We are consulting on conservation covenants, which will be voluntary but legally binding agreements that would enable landowners to leave a permanent conservation legacy on their land. Such public commitments to taking positive actions to preserve and improve treasured features on their land, such as trees, woodland or flower-rich meadows, would be binding on future owners of that land and overseen by responsible bodies to ensure that land management obligations were delivered. I have already referred to the new environmental land management system, which will be the cornerstone of the country’s agricultural policy after we leave the EU. It is important that farmers are able to protect their crops, but also that people are protected from the risks that pesticides present, both to them and to the environment. It is therefore right to minimise the use of pesticides and to make the greatest possible use of other techniques, including non-chemical alternatives to protect crops.

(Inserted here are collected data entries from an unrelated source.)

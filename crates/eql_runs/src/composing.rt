//! Laws of what a run leaves for the next one, each the contract of a function that does nothing.
ghost use Rattle.eql_runs.specs.Composing.{LeftIsTrusted, EveryLineIsListed, OnlyLinesAreListed, EqualNumbersEqualLines};

use eql_cut::lifted_cuts_fit;
use eql_laws::{cuts_fit, fronts_fit};
use eql_stages::readers_fit;

/// A cut that a run of a checked query puts over at most 256 texts of shards passes all tests of the next run of this search over
/// these texts, and is trusted. So a run that is stopped and begun again is never refused by what it left.
pub fn what_runs_leave_is_trusted()
    ensures { LeftIsTrusted }
{
    readers_fit();
    cuts_fit();
    fronts_fit();
    lifted_cuts_fit();
}

/// Any number of runs of one search over one list of texts, one after the other, of which each was stopped at whatever moment and
/// the last one is done: each line of the listing is in the output of one of them, no output has another whole line, and whole
/// lines of one number are one line, where the search finds fewer than 2^64 matches. So the whole lines of their outputs, one for
/// each number, are the listing behind the lines that were counted when the first one began.
pub fn runs_compose()
    ensures every { EveryLineIsListed }
    ensures only { OnlyLinesAreListed }
    ensures once { EqualNumbersEqualLines }
{}
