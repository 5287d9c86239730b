//! Two sources of which each waits for the other one to be asked, so that one thread alone can't get on.
use eql_outside::{Failed, MemSource, Source, Supply};
use std::alloc::Global;
use std::sync::Arc;
use std::sync::atomic::{AtomicBool, Ordering};
use std::thread::yield_now;

/// How often a source looks for the other one before it gives up.
const LOOKS: u32 = 100_000_000;

/// After so many looks other threads are let run.
const ROUND: u32 = 1024;

/// A flag that threads share.
pub(crate) type Flag = Arc<AtomicBool, Global>;

/// Whether a flag was raised before the looks ran out.
fn sees(flag: &Flag) -> bool {
    for look in 0..LOOKS {
        if flag.load(Ordering::SeqCst) {
            return true;
        }
        if look % ROUND == 0 {
            yield_now();
        }
    }
    false
}

/// A source that raises a flag at each take, and at the first one looks for the flag of another source.
#[derive(Drop)]
pub(crate) struct MeetingSource {
    pub(crate) source: MemSource,
    /// It was asked before.
    pub(crate) asked: bool,
    pub(crate) mine: Flag,
    pub(crate) other: Flag,
    /// Raised where the other source wasn't asked in time.
    pub(crate) missed: Flag,
}

impl MeetingSource {
    // Raises the flag, and looks for the other one where this is the first take.
    fn meet(&self) {
        self.mine.store(true, Ordering::SeqCst);
        if !self.asked && !sees(&self.other) {
            self.missed.store(true, Ordering::SeqCst);
        }
    }
}

impl Source for MeetingSource {
    ghost left = { λ s. ⟦<MemSource as Source>⟧.left s.source };

    ghost fault_count = { λ s. ⟦<MemSource as Source>⟧.fault_count s.source };

    ghost lent_as = { λ s. ⟦<MemSource as Source>⟧.lent_as s.source };

    ghost fault_plan = { λ s. ⟦<MemSource as Source>⟧.fault_plan s.source };

    ghost supply_of = { λ s. ⟦<MemSource as Source>⟧.supply_of s.source };

    fn take(&mut self, into: &mut [u8]) -> Result<usize, Failed> {
        self.meet();
        self.asked = true;
        self.source.take(into)
    }

    fn faults(&self) -> u64 {
        self.source.faults()
    }

    fn supply(&self) -> Supply {
        self.source.supply()
    }
}
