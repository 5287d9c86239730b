//! The rules of items: their conditions, their own keys and their runs.
ghost use Rattle.std.specs.Prelude.{◌≡◌, ◌≤◌, ◌<◌, length};
ghost use Rattle.eql_query.specs.View.{tree};
ghost use Rattle.eql_query.specs.QueryTree.{term_tree};
ghost use Rattle.eql_check.specs.Kinds.{kind_at};
ghost use Rattle.eql_check.specs.FirstBroken.{kind_of as kind_in};
ghost use Rattle.eql_check.specs.Rules.{item_broken, items_broken, keys_broken, unless, unless_bool, are_runs};
ghost use Rattle.eql_check.specs.Answers.{Judges};
ghost use Rattle.eql_check.specs.Entries.{terms_in};
ghost use Rattle.eql_check.specs.declared.refused.CheckRefused.TheVariants.{Runs};

use crate::expression::kind_of;
use crate::kinds::may_be;
use crate::mapping::Mapping;
use crate::refused::CheckRefused;
use eql_query::{Expr, FieldRef, Term};
use eql_values::Kind;
use std::alloc::Global;

/// The most runs of an item.
const MOST_RUNS: i64 = 100;

/// The condition of an item is Boolean, or always null.
fn check_condition(
    alloc: Global,
    item: u32,
    mapping: &Mapping,
    cond: &Expr,
) -> Result<(), CheckRefused>
    ensures { Judges result
        (unless_bool item (kind_in item (kind_at mapping.now) (tree cond.now))) }
{
    let kind = kind_of(alloc, item, mapping, cond)?;
    if may_be(Kind::Bool, kind) {
        Ok(())
    } else {
        Err(CheckRefused::KindMismatch { item })
    }
}

/// Keys are fields of the mapping, or optional.
pub(crate) fn check_keys(mapping: &Mapping, keys: &[FieldRef]) -> Result<(), CheckRefused>
    ensures { Judges result (keys_broken (kind_at mapping.now) keys.now) }
{
    for key in keys {
        if mapping.kind(&key.name).is_none() && !key.optional {
            let name = key.name.clone()?;
            return Err(CheckRefused::UnknownField { name });
        }
    }
    Ok(())
}

/// An item stands 1 to 100 times in a row.
fn check_runs(count: i64) -> Result<(), CheckRefused>
    ensures { Judges result (unless (are_runs count) (Runs count)) }
{
    if 1 <= count && count <= MOST_RUNS {
        Ok(())
    } else {
        Err(CheckRefused::Runs { count })
    }
}

/// The rules of an item by itself.
fn check_item(
    alloc: Global,
    number: u32,
    mapping: &Mapping,
    item: &Term,
) -> Result<(), CheckRefused>
    ensures { Judges result (item_broken (kind_at mapping.now) number (term_tree item.now)) }
{
    check_condition(alloc, number, mapping, &item.cond)?;
    check_keys(mapping, item.by.items())?;
    check_runs(item.runs)
}

/// The rules of each item by itself, in the order of the text.
pub(crate) fn check_items(
    alloc: Global,
    mapping: &Mapping,
    items: &[&Term],
) -> Result<(), CheckRefused>
    requires { length items.now ≤ 4294967295 }
    ensures { Judges result (items_broken (kind_at mapping.now) 1 (terms_in items.now)) }
{
    for (index, item) in items.iter().enumerate() {
        check_item(alloc, index as u32 + 1, mapping, *item)?;
    }
    Ok(())
}
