//! Laws of the rules of kinds, and of what the operators mean.
ghost use Rattle.eql_check.specs.ByCharacters.{TextsCompareByCharacters};
ghost use Rattle.eql_check.specs.Arithmetic.{FloorsAreExact};
ghost use Rattle.eql_check.specs.Typing.{CheckIsExact, KindsAreExact};
ghost use Rattle.eql_check.specs.Kept.{KeepsKinds, MeetsKinds};
ghost use Rattle.eql_check.specs.ThreeValued.{ConnectivesRead};

/// The rules, one by one, hold of an expression exactly when no first broken rule is found in it.
pub fn kinds_are_exact()
    ensures { KindsAreExact }
{}

/// No rule is broken exactly when there is no first broken rule.
pub fn check_is_exact()
    ensures { CheckIsExact }
{}

/// Where each field has a value of its kind, or null, each expression means a value of its kind, or null.
pub fn kinds_are_kept()
    ensures { KeepsKinds }
{}

/// And no operator meets a wrong kind: each in an expression that has a kind takes the values that its operands mean.
pub fn kinds_are_met()
    ensures { MeetsKinds }
{}

/// `and` is false where one operand is false, else null where one is neither true nor false, else true; and `or` with
/// true and false exchanged.
pub fn connectives_read()
    ensures { ConnectivesRead }
{}

/// Where the divisor isn't zero, the quotient is the floor of the exact one, and what it leaves is zero or has the sign
/// of the divisor, and is less in size.
pub fn floors_are_exact()
    ensures { FloorsAreExact }
{}

/// Texts are ordered by their characters: the first that differ decide, by their numbers.
pub fn texts_by_characters()
    ensures { TextsCompareByCharacters }
{}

I was surprised that the hon. Member for Leeds North West seemed to suggest that gene editing or GM could be used to modify crops. That is still a debate that matters, but it is important to highlight to hon. Members that we will continue to develop and refine our approach to pest control, with integrated pest management at its heart, minimising the need for pesticides. That approach combines different management strategies and practices to target and minimise the use of pesticides. The voluntary initiative scheme promotes and records IPM practices, and the uptake of that scheme is encouraging. It is important that we are able to protect crops, and such progress shows that the scheme works.
Regarding the introduction of a new environment Bill, I will give evidence to several hon. Members in about two hours’ time, so I am surprised that the hon. Member for Leeds North West has already declared what he thinks should happen with respect to scrutiny.
I am afraid I will not. The Government are open to this, and believe that what we have put forward is important. The policy paper that we published alongside the plan is an important indication of what else we want to achieve in that Bill.
Insect decline is a global problem that needs a global solution, which is why we will continue to play a leading role in the development of an ambitious strategy as we proceed. It is critical that we act now on the improving evidence base, internationally and at home, to ensure that we leave our environment in a better state for future generations.
Motion lapsed (Standing Order No. 10(6)).